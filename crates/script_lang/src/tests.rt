use super::*;

#[test]
fn first_pieces(rt: HostRuntime) {
    let rows: [(&[u8], Piece, usize); 4] = [
        (b"x%y%!:/e.txt\n", Piece::Text { at: 0, len: 3 }, 3),
        (b"%!:/e.txt\nz", Piece::Include { at: 3, len: 6 }, 10),
        (
            b"%!  file-stats /a b\r\n",
            Piece::Call {
                function: Function::FileStats,
                at: 15,
                len: 2,
            },
            21,
        ),
        (
            b"%! ticks",
            Piece::Call {
                function: Function::Ticks,
                at: 0,
                len: 0,
            },
            8,
        ),
    ];
    for (text, piece, next) in rows {
        assert!(rt; next_piece(text, 0) == Some(Found { piece, next }));
    }
}
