//! The pieces of a script, by offsets in its bytes.

use crate::function::Function;

/// A piece of a script, by offsets in the script's bytes.
#[derive(Clone, Copy, Debug, PartialEq, Eq)]
pub enum PieceOf<F> {
    /// A text run: bytes that are sent unchanged.
    Text { at: usize, len: usize },
    /// The file with the name at this offset. Both numbers are 0 if the directive has no name.
    Include { at: usize, len: usize },
    /// The function's text for the argument at this offset. Both numbers are 0 if there is no argument.
    Call { function: F, at: usize, len: usize },
}

/// A piece, and the offset after it.
#[derive(Clone, Copy, Debug, PartialEq, Eq)]
pub struct FoundOf<F> {
    pub piece: PieceOf<F>,
    pub next: usize,
}

/// A piece of a script that calls the functions of uIP.
pub type Piece = PieceOf<Function>;

/// Such a piece, and the offset after it.
pub type Found = FoundOf<Function>;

-----

__Aim of the exercise__
Return the lines above that include the string "rows".

__Solution to the problem__
    let rows: [(&[u8], Piece, usize); 4] = [
    for (text, piece, next) in rows {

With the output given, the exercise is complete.